=== Task material ===

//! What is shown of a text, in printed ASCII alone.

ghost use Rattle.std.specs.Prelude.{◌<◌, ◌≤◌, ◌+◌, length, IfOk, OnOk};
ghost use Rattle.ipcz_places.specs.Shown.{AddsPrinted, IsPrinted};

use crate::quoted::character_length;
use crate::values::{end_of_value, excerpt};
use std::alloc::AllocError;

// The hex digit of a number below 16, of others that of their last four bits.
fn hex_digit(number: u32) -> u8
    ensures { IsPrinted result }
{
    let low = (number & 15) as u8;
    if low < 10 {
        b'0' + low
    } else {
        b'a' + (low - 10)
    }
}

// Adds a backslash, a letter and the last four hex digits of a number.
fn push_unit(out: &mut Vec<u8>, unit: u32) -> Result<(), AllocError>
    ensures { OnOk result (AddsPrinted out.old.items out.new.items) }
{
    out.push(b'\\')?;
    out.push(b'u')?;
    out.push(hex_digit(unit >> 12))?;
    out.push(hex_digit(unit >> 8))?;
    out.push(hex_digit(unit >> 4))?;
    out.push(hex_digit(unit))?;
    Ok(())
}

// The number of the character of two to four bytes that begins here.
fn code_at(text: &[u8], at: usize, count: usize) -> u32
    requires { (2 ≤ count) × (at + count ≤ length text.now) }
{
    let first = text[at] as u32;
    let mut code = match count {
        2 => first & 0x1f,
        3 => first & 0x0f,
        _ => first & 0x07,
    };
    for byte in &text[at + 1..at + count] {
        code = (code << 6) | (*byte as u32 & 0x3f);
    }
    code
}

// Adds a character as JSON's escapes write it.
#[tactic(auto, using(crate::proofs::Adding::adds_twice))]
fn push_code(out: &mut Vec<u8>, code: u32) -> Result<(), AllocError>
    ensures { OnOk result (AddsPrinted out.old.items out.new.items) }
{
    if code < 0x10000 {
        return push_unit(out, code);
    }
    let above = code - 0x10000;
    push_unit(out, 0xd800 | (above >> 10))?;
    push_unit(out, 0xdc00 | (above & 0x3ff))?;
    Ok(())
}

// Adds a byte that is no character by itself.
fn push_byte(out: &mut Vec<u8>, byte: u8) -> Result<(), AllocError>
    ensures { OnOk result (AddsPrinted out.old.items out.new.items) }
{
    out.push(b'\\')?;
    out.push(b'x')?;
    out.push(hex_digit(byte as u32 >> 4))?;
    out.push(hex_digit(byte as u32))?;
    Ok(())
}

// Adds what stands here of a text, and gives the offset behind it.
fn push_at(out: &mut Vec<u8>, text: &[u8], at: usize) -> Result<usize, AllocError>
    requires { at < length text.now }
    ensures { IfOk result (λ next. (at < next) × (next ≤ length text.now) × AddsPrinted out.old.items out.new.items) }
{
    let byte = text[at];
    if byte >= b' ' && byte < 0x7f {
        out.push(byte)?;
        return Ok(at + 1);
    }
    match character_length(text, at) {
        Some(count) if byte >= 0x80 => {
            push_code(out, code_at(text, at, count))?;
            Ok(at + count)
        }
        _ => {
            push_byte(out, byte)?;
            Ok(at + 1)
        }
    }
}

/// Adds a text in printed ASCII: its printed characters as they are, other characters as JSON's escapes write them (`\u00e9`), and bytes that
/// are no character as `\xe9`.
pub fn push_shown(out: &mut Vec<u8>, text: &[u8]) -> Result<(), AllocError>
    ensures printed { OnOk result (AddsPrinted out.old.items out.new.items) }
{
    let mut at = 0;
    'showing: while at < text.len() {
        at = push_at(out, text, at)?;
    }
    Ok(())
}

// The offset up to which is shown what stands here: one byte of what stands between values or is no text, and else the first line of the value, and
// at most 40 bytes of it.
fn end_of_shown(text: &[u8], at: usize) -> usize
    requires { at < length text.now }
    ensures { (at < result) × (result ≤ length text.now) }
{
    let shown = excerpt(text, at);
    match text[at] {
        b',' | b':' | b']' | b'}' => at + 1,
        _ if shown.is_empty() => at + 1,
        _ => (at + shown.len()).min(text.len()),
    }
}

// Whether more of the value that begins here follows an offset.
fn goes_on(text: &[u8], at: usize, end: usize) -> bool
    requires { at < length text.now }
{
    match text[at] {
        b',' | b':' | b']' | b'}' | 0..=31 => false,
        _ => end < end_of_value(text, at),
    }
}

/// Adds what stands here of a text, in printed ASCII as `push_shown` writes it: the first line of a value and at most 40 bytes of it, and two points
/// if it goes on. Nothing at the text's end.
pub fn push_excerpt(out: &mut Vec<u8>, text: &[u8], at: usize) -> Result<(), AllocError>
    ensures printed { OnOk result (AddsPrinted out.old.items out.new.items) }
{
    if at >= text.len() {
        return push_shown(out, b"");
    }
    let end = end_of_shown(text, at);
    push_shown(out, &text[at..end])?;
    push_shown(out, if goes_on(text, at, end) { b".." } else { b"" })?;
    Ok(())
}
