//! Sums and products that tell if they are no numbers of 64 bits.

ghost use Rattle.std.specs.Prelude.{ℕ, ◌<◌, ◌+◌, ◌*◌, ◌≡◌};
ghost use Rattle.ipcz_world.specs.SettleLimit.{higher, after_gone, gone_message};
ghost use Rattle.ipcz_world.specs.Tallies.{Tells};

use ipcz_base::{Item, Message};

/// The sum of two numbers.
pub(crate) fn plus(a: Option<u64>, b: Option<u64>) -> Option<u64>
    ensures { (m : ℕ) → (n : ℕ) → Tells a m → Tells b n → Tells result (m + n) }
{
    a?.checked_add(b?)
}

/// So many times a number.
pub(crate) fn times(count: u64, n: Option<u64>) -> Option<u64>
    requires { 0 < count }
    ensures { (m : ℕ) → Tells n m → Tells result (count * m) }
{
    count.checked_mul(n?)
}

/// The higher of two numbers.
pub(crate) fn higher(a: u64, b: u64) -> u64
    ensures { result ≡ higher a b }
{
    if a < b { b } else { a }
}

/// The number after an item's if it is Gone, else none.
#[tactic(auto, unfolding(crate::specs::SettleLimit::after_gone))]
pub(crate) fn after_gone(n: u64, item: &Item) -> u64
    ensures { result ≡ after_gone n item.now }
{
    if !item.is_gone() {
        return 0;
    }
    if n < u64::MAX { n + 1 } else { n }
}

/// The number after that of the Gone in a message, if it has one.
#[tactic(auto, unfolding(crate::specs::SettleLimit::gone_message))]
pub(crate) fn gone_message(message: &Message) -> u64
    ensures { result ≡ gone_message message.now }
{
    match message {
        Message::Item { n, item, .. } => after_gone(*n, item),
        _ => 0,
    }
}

===

Instructions to follow.
Copy out the entries. Leave every line exactly as it is.

Output of the task.
//! What is shown of a text, in printed ASCII alone.

ghost use Rattle.std.specs.Prelude.{◌<◌, ◌≤◌, ◌+◌, length, IfOk, OnOk};
ghost use Rattle.ipcz_places.specs.Shown.{AddsPrinted, IsPrinted};

use crate::quoted::character_length;
use crate::values::{end_of_value, excerpt};
use std::alloc::AllocError;

// The hex digit of a number below 16, of others that of their last four bits.
fn hex_digit(number: u32) -> u8
    ensures { IsPrinted result }
{
    let low = (number & 15) as u8;
    if low < 10 {
        b'0' + low
    } else {
        b'a' + (low - 10)
    }
}

// Adds a backslash, a letter and the last four hex digits of a number.
fn push_unit(out: &mut Vec<u8>, unit: u32) -> Result<(), AllocError>
    ensures { OnOk result (AddsPrinted out.old.items out.new.items) }
{
    out.push(b'\\')?;
    out.push(b'u')?;
    out.push(hex_digit(unit >> 12))?;
    out.push(hex_digit(unit >> 8))?;
    out.push(hex_digit(unit >> 4))?;
    out.push(hex_digit(unit))?;
    Ok(())
}

// The number of the character of two to four bytes that begins here.
fn code_at(text: &[u8], at: usize, count: usize) -> u32
    requires { (2 ≤ count) × (at + count ≤ length text.now) }
{
    let first = text[at] as u32;
    let mut code = match count {
        2 => first & 0x1f,
        3 => first & 0x0f,
        _ => first & 0x07,
    };
    for byte in &text[at + 1..at + count] {
        code = (code << 6) | (*byte as u32 & 0x3f);
    }
    code
}

// Adds a character as JSON's escapes write it.
#[tactic(auto, using(crate::proofs::Adding::adds_twice))]
fn push_code(out: &mut Vec<u8>, code: u32) -> Result<(), AllocError>
    ensures { OnOk result (AddsPrinted out.old.items out.new.items) }
{
    if code < 0x10000 {
        return push_unit(out, code);
    }
    let above = code - 0x10000;
    push_unit(out, 0xd800 | (above >> 10))?;
    push_unit(out, 0xdc00 | (above & 0x3ff))?;
    Ok(())
}

// Adds a byte that is no character by itself.
fn push_byte(out: &mut Vec<u8>, byte: u8) -> Result<(), AllocError>
    ensures { OnOk result (AddsPrinted out.old.items out.new.items) }
{
    out.push(b'\\')?;
    out.push(b'x')?;
    out.push(hex_digit(byte as u32 >> 4))?;
    out.push(hex_digit(byte as u32))?;
    Ok(())
}

// Adds what stands here of a text, and gives the offset behind it.
fn push_at(out: &mut Vec<u8>, text: &[u8], at: usize) -> Result<usize, AllocError>
    requires { at < length text.now }
    ensures { IfOk result (λ next. (at < next) × (next ≤ length text.now) × AddsPrinted out.old.items out.new.items) }
{
    let byte = text[at];
    if byte >= b' ' && byte < 0x7f {
        out.push(byte)?;
        return Ok(at + 1);
    }
    match character_length(text, at) {
        Some(count) if byte >= 0x80 => {
            push_code(out, code_at(text, at, count))?;
            Ok(at + count)
        }
        _ => {
            push_byte(out, byte)?;
            Ok(at + 1)
        }
    }
}

/// Adds a text in printed ASCII: its printed characters as they are, other characters as JSON's escapes write them (`\u00e9`), and bytes that
/// are no character as `\xe9`.
pub fn push_shown(out: &mut Vec<u8>, text: &[u8]) -> Result<(), AllocError>
    ensures printed { OnOk result (AddsPrinted out.old.items out.new.items) }
{
    let mut at = 0;
    'showing: while at < text.len() {
        at = push_at(out, text, at)?;
    }
    Ok(())
}

// The offset up to which is shown what stands here: one byte of what stands between values or is no text, and else the first line of the value, and
// at most 40 bytes of it.
fn end_of_shown(text: &[u8], at: usize) -> usize
    requires { at < length text.now }
    ensures { (at < result) × (result ≤ length text.now) }
{
    let shown = excerpt(text, at);
    match text[at] {
        b',' | b':' | b']' | b'}' => at + 1,
        _ if shown.is_empty() => at + 1,
        _ => (at + shown.len()).min(text.len()),
    }
}

// Whether more of the value that begins here follows an offset.
fn goes_on(text: &[u8], at: usize, end: usize) -> bool
    requires { at < length text.now }
{
    match text[at] {
        b',' | b':' | b']' | b'}' | 0..=31 => false,
        _ => end < end_of_value(text, at),
    }
}

/// Adds what stands here of a text, in printed ASCII as `push_shown` writes it: the first line of a value and at most 40 bytes of it, and two points
/// if it goes on. Nothing at the text's end.
pub fn push_excerpt(out: &mut Vec<u8>, text: &[u8], at: usize) -> Result<(), AllocError>
    ensures printed { OnOk result (AddsPrinted out.old.items out.new.items) }
{
    if at >= text.len() {
        return push_shown(out, b"");
    }
    let end = end_of_shown(text, at);
    push_shown(out, &text[at..end])?;
    push_shown(out, if goes_on(text, at, end) { b".." } else { b"" })?;
    Ok(())
}
//! Sums and products that tell if they are no numbers of 64 bits.

ghost use Rattle.std.specs.Prelude.{ℕ, ◌<◌, ◌+◌, ◌*◌, ◌≡◌};
ghost use Rattle.ipcz_world.specs.SettleLimit.{higher, after_gone, gone_message};
ghost use Rattle.ipcz_world.specs.Tallies.{Tells};

use ipcz_base::{Item, Message};

/// The sum of two numbers.
pub(crate) fn plus(a: Option<u64>, b: Option<u64>) -> Option<u64>
    ensures { (m : ℕ) → (n : ℕ) → Tells a m → Tells b n → Tells result (m + n) }
{
    a?.checked_add(b?)
}

/// So many times a number.
pub(crate) fn times(count: u64, n: Option<u64>) -> Option<u64>
    requires { 0 < count }
    ensures { (m : ℕ) → Tells n m → Tells result (count * m) }
{
    count.checked_mul(n?)
}

/// The higher of two numbers.
pub(crate) fn higher(a: u64, b: u64) -> u64
    ensures { result ≡ higher a b }
{
    if a < b { b } else { a }
}

/// The number after an item's if it is Gone, else none.
#[tactic(auto, unfolding(crate::specs::SettleLimit::after_gone))]
pub(crate) fn after_gone(n: u64, item: &Item) -> u64
    ensures { result ≡ after_gone n item.now }
{
    if !item.is_gone() {
        return 0;
    }
    if n < u64::MAX { n + 1 } else { n }
}

/// The number after that of the Gone in a message, if it has one.
#[tactic(auto, unfolding(crate::specs::SettleLimit::gone_message))]
pub(crate) fn gone_message(message: &Message) -> u64
    ensures { result ≡ gone_message message.now }
{
    match message {
        Message::Item { n, item, .. } => after_gone(*n, item),
        _ => 0,
    }
}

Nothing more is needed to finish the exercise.